(Task instructions) When the word "this" appears in a line of the data below, list that line.

++++++++++++++++++++

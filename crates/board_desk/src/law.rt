//! The rule of the desk's table, and what each kind of step tells. Only the proofs see this: no value of `View` is
//! made.
//!
//! The table has one slot, for the board. Its words are the next ticket (0), the ticket that is served (1), whether the
//! board is out (2: 0 if it is at home, 1 if it is out), and then the bells, on which calls sleep until their turn.

use atomic_table::{Join, Play, Split, TableRule};
use raster_model::Session;
use std::collections::LinkedList;
use std::snapshot::Snapshot;
use tile_board::{Board, Entry};

/// What a seat claims: a history that it has seen, and its analyst's entries, if it has an analyst.
pub struct Claim {
    pub analyst: Option<u32>,
    pub seen: LinkedList<Entry>,
    pub mine: LinkedList<Entry>,
}

/// What a seat at the table knows.
pub struct View {
    /// The board's session; None after another seat took this one in.
    pub session: Option<Session>,
    pub own: Claim,
    /// The claim of a seat that this one took in.
    pub beside: Claim,
    /// Whether the seat has the board.
    pub holds: bool,
    /// Whether the seat gives out the analysts' numbers.
    pub gives: bool,
    /// The number that the seat gives out next.
    pub next: u32,
}

/// The desk's rule. It reads the session that the table was made for.
pub struct Law;

impl TableRule<Option<Board>, View, Snapshot<Session>> for Law {
    ghost use Rattle.board_desk.specs.Rules.{IsRuled, opener};

    ghost holds = { λ key. IsRuled key.value };

    ghost first = { λ key. opener key.value };
}

/// A step that does not move the board: it draws a ticket, serves one, rings a bell, or only loads. After it a seat
/// knows that the claim beside its own stands in what it has seen.
pub struct Look;

impl Play<Option<Board>, View> for Look {
    ghost use Rattle.board_desk.specs.Rules.{looked};

    ghost then = { looked };
}

/// A load that makes a seat.
pub struct Sit;

impl Play<Option<Board>, View> for Sit {
    ghost use Rattle.board_desk.specs.Rules.{sat};

    ghost then = { sat };
}

/// The exchange that takes the board out. The seat has then seen the board's history.
pub struct Take;

impl Play<Option<Board>, View> for Take {
    ghost use Rattle.board_desk.specs.Rules.{took};

    ghost then = { took };
}

/// The store that marks the board's history and gives the board back.
pub struct Give;

impl Play<Option<Board>, View> for Give {
    ghost use Rattle.board_desk.specs.Rules.{gave};

    ghost then = { gave };
}

/// A new seat with the next analyst's number.
pub struct Enroll;

impl Split<View> for Enroll {
    ghost use Rattle.board_desk.specs.Rules.{enrolled, enrolling};

    ghost left = { enrolling };

    ghost right = { enrolled };
}

/// A new seat with no analyst, which has seen as much as the given one.
pub struct Copied;

impl Split<View> for Copied {
    ghost use Rattle.board_desk.specs.Rules.{plain_copy};

    ghost left = { λ v. v };

    ghost right = { plain_copy };
}

/// A seat takes in another seat, and has then seen the longer of both histories.
pub struct Return;

impl Join<View> for Return {
    ghost use Rattle.board_desk.specs.Rules.{longer_of, spent};

    ghost both = { longer_of };

    ghost spent = { spent };
}

/// The seat that has the board takes in another seat, with its claim.
pub struct Settle;

impl Join<View> for Settle {
    ghost use Rattle.board_desk.specs.Rules.{beside_of, spent};

    ghost both = { beside_of };

    ghost spent = { spent };
}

++++++++++++++++++++

(Completed task)
//! The rule of the desk's table, and what each kind of step tells. Only the proofs see this: no value of `View` is
    /// The board's session; None after another seat took this one in.
    /// The claim of a seat that this one took in.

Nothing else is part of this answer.